GET THE DIRT OUT!

Campaign finance is not just a Bexar County or Texas problem — although the outrageously expensive gubernatorial race ($70 million with 10 days to go) is an embarrassing reflection of the Lone Star state's excess. Congress is laboriously pushing through incremental campaign finance reforms to rein in special interests that fund federal races. But more serious reformers are looking past these Congressional gestures, and calling for more seismic change: publicly financed — also known as Clean Money — campaigns. According to local activists, San Antonio and its decades of political corruption are ready for an overhaul.

"It can be done in San Antonio," said Fred Lewis of the Austin-based Campaigns for People. "But people have to stay vigilant; too many people are invested in the status quo. It really isn't about campaign finance reform. It's about people power versus money power."

How clean money works
The goals of Clean Money campaigns are to increase the number of candidates (there are 30 uncontested races on the Bexar County ballot November election), allow them to concentrate on voters and issues instead of fund-raising, give candidates who don't receive special interest money a chance to run a solid campaign, and reduce the influence of special interests.

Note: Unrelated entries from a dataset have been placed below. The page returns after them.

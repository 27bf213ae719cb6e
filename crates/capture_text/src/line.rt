//! The lines of events.

ghost use Rattle.std.specs.Prelude.{◌≡◌, ◌≢◌, ◌↔◌, ◌<◌, ◌≤◌, ◌++◌, codes, IfOk};
ghost use Rattle.std.specs.Prelude.{IfSome, IsNone, IsTrue};
ghost use Rattle.outside.specs.declared.mem_disk.Image.{Image};
ghost use Rattle.frame_grammar.specs.Frame.{IsBody, frame_of};
ghost use Rattle.capture_text.specs.Capture.{written, letter, image_word, kind_of, IsByte, IsRound};
ghost use Rattle.capture_text.specs.Line.{Writes, LineSays};

use crate::Event;
use crate::lines::{BLANK, cut_at};
use crate::number::number;
use frame_grammar::{FrameError, Kind, MAX_BODY, SOH, write_frame};
use order_meaning::{Bytes, Side};
use outside::Image;
use std::alloc::{AllocError, Global};

/// The most bytes of a round.
const MAX_ROUND: usize = 4096;

/// The largest number of a write or sync at which a life stops.
const MAX_STOP: u64 = 1_000_000;

/// The byte that a byte of a line stands for: SOH for `|`, and else itself; none outside 32 to 126.
fn byte_of(byte: u8) -> Option<u8>
    ensures some { IfSome result (λ b. (byte ≡ written b) × IsByte b) }
    ensures none { IsNone result → 32 ≤ byte → 126 < byte }
{
    match byte {
        b'|' => Some(SOH),
        32..=126 => Some(byte),
        _ => None,
    }
}

/// The bytes that a text of a line stands for; none where one of its bytes stands for none.
#[tactic(auto, using(crate::proofs::Written::taken_more))]
fn bytes_of(alloc: Global, text: &[u8]) -> Result<Option<Bytes>, AllocError>
    ensures { IfOk result (Writes text.now) }
{
    let mut bytes = Bytes::new(alloc);
    for byte in text {
        let Some(byte) = byte_of(*byte) else {
            return Ok(None);
        };
        bytes.extend_from_slice(&[byte])?;
    }
    Ok(Some(bytes))
}

/// Whether these bytes are the body of a frame.
fn is_body(body: &[u8]) -> bool
    ensures { IsTrue result ↔ IsBody body.now }
{
    5 <= body.len()
        && body.len() <= MAX_BODY
        && body.starts_with(b"35=")
        && body[3] != SOH
        && body[body.len() - 1] == SOH
}

/// The kind of the frames of a side.
fn kind_of(side: Side) -> Kind
    ensures { result ≡ kind_of side }
{
    match side {
        Side::Client => Kind::Fix42,
        Side::Venue => Kind::Fixt11,
    }
}

/// Whether the frame of this body is a round.
fn is_round_of(alloc: Global, side: Side, body: &[u8]) -> Result<bool, AllocError>
    ensures { IfOk result (λ yes. IsTrue yes ↔
        IsBody body.now × IsRound (frame_of (kind_of side) body.now)) }
{
    if !is_body(body) {
        return Ok(false);
    }
    let mut frame = Vec::new(alloc);
    match write_frame(kind_of(side), body, &mut frame) {
        Ok(()) => Ok(frame.len() <= MAX_ROUND),
        Err(FrameError::TooLong) => Ok(false),
        Err(FrameError::NoMemory) => Err(AllocError),
    }
}

/// What a text of a side says.
#[tactic(auto, using(crate::proofs::EventLines::no_text))]
fn text_of(alloc: Global, side: Side, text: &[u8]) -> Result<Option<Event>, AllocError>
    ensures { IfOk result (LineSays (letter side ++ codes " " ++ text.now)) }
{
    match bytes_of(alloc, text)? {
        Some(bytes) if 1 <= bytes.as_slice().len() && bytes.as_slice().len() <= MAX_ROUND => {
            Ok(Some(Event::Text(side, bytes)))
        }
        _ => Ok(None),
    }
}

/// What a body of a side says.
#[tactic(auto, using(crate::proofs::EventLines::no_frame))]
fn frame_of(alloc: Global, side: Side, text: &[u8]) -> Result<Option<Event>, AllocError>
    ensures { IfOk result (LineSays (letter side ++ codes "f " ++ text.now)) }
{
    let Some(body) = bytes_of(alloc, text)? else {
        return Ok(None);
    };
    if !is_round_of(alloc, side, body.as_slice())? {
        return Ok(None);
    }
    Ok(Some(Event::Frame(side, body)))
}

/// What stands behind the letter of a side.
fn read_behind(alloc: Global, side: Side, behind: &[u8]) -> Result<Option<Event>, AllocError>
    ensures { IfOk result (LineSays (letter side ++ behind.now)) }
{
    match behind {
        b"+" => Ok(Some(Event::Opened(side))),
        b"-" => Ok(Some(Event::Closed(side))),
        [b' ', text @ ..] => text_of(alloc, side, text),
        [b'f', b' ', text @ ..] => frame_of(alloc, side, text),
        _ => Ok(None),
    }
}

/// The image of a word.
fn image_of(word: &[u8]) -> Option<Image>
    ensures some { IfSome result (λ image. word.now ≡ image_word image) }
    ensures none { IsNone result → (image : Image) → word.now ≢ image_word image }
{
    match word {
        b"old" => Some(Image::Old),
        b"new" => Some(Image::New),
        b"torn" => Some(Image::Torn),
        _ => None,
    }
}

/// What stands behind `stop `.
#[tactic(auto, using(crate::proofs::StopLine::what_stops))]
fn stop_of(text: &[u8]) -> Option<Event>
    ensures { LineSays (codes "stop " ++ text.now) result }
{
    let Some((digits, word)) = cut_at(text, BLANK) else {
        return None;
    };
    let Some(call) = number(digits) else {
        return None;
    };
    let Some(image) = image_of(word) else {
        return None;
    };
    if 1 <= call && call <= MAX_STOP {
        Some(Event::Stop(call, image))
    } else {
        None
    }
}

/// The event of a line; none exactly where it is the line of none.
pub(crate) fn read_event(alloc: Global, line: &[u8]) -> Result<Option<Event>, AllocError>
    ensures { IfOk result (LineSays line.now) }
{
    match line {
        b"tick" => Ok(Some(Event::Tick)),
        [b's', b't', b'o', b'p', b' ', text @ ..] => Ok(stop_of(text)),
        [b'a', b't', b' ', digits @ ..] => Ok(number(digits).map(Event::At)),
        [b'c', behind @ ..] => read_behind(alloc, Side::Client, behind),
        [b'v', behind @ ..] => read_behind(alloc, Side::Venue, behind),
        _ => Ok(None),
    }
}
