ghost use Rattle.std.specs.Prelude.{◌≡◌, ℕ, ◌+◌, List, Some, Ok};
ghost use Rattle.sd_lex.specs.PlainTree.{ProgramTree};
ghost use Rattle.sd_work.specs.Memory.{Memory};
ghost use Rattle.sd_work.specs.Step.{Outcome};
ghost use Rattle.sd_work.specs.Run.{Left, Sequential};
ghost use Rattle.sd_work.specs.BigRun.{big_run};
ghost use Rattle.sd_graph.specs.PlainTree.{GraphTree};
ghost use Rattle.sd_graph.specs.Unfold.{run_of};
ghost use Rattle.sd_graph.specs.declared.place.Place.{Place};
ghost use Rattle.sd_valid.specs.SizeValues.{NamedSizes};
ghost use Rattle.sd_valid.specs.Binding.{binding};
ghost use Rattle.sd_program.specs.WellFormed.{IsWellFormed};
ghost use Rattle.sd_source.specs.source.SourceReading.{reads};
ghost use Rattle.sd_elab.specs.elab.Elaboration.{graph_of};
ghost use Rattle.sd_says.specs.Says.{Says};
ghost use Rattle.sd_tie.specs.programs.Joined.{IsJoinedWhole};

/// The graph of a program, bound to sizes, does what its source says, over each memory and with each
/// number of turns: the sequential run of the graph ends as is said, with the same memory and turns, the
/// same fault at the same place, or a want of turns; and what it ends with is said. So it is of each
/// program that is well formed, whose tasklets name connectors that are there and whose elements have
/// names without `$`, with sizes whose binding is not refused.
pub fn a_graph_does_what_its_source_says()
    ensures said { (program : ProgramTree) (sizes : NamedSizes) (bound : GraphTree) (memory : Memory) (turns : ℕ) (outcome : Outcome Place Left)
        → IsWellFormed program → IsJoinedWhole program → binding (graph_of program) sizes ≡ Ok bound
        → Says program sizes memory turns outcome → Sequential (run_of bound memory) turns outcome }
    ensures run { (program : ProgramTree) (sizes : NamedSizes) (bound : GraphTree) (memory : Memory) (turns : ℕ) (outcome : Outcome Place Left)
        → IsWellFormed program → IsJoinedWhole program → binding (graph_of program) sizes ≡ Ok bound
        → Sequential (run_of bound memory) turns outcome → Says program sizes memory turns outcome }
    ensures left_to_right { (program : ProgramTree) (sizes : NamedSizes) (bound : GraphTree) (memory : Memory) (turns : ℕ) (outcome : Outcome Place Left)
        → IsWellFormed program → IsJoinedWhole program → binding (graph_of program) sizes ≡ Ok bound
        → Says program sizes memory turns outcome → (least : ℕ) × ((more : ℕ) → big_run (run_of bound memory) (least + more) turns ≡ Some outcome) }
{}

/// The graph of a text that is read to a program, bound to sizes, does what the program says, over each
/// memory and with each number of turns: what is said is run, and what is run is said.
pub fn a_graph_does_what_its_text_says()
    ensures said { (text : List ℕ) (program : ProgramTree) (sizes : NamedSizes) (bound : GraphTree) (memory : Memory) (turns : ℕ) (outcome : Outcome Place Left)
        → reads text ≡ Ok program → binding (graph_of program) sizes ≡ Ok bound
        → Says program sizes memory turns outcome → Sequential (run_of bound memory) turns outcome }
    ensures run { (text : List ℕ) (program : ProgramTree) (sizes : NamedSizes) (bound : GraphTree) (memory : Memory) (turns : ℕ) (outcome : Outcome Place Left)
        → reads text ≡ Ok program → binding (graph_of program) sizes ≡ Ok bound
        → Sequential (run_of bound memory) turns outcome → Says program sizes memory turns outcome }
{}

Maine, Arizona, and Vermont have enacted statewide campaign finance laws. New York City, Tucson, and Los Angeles also use partially publicly financed campaigns. Although there are differences among systems, the nuts and bolts of Clean Money work like this:

The program is voluntary, and candidates who don't choose to participate can raise money as usual, in accordance with state law. But candidates who agree not to raise private money and to abide by spending limits, sign a Declaration of Intent. To prevent fringe candidates, those running for office then collect $5 from a number of qualifying contributors from voters in their district. (The requirement is based on population and number of registered voters.) For example, Maine, which has a much smaller population than Texas, requires 150 valid signatures for a state senate race, 50 for the house, and 2,500 for the governor's contest. The City or County Clerk checks the signatures (in light of the questionable invalidated signatures during the PGA referendum, this could be a scary proposition in Bexar County) to verify the information.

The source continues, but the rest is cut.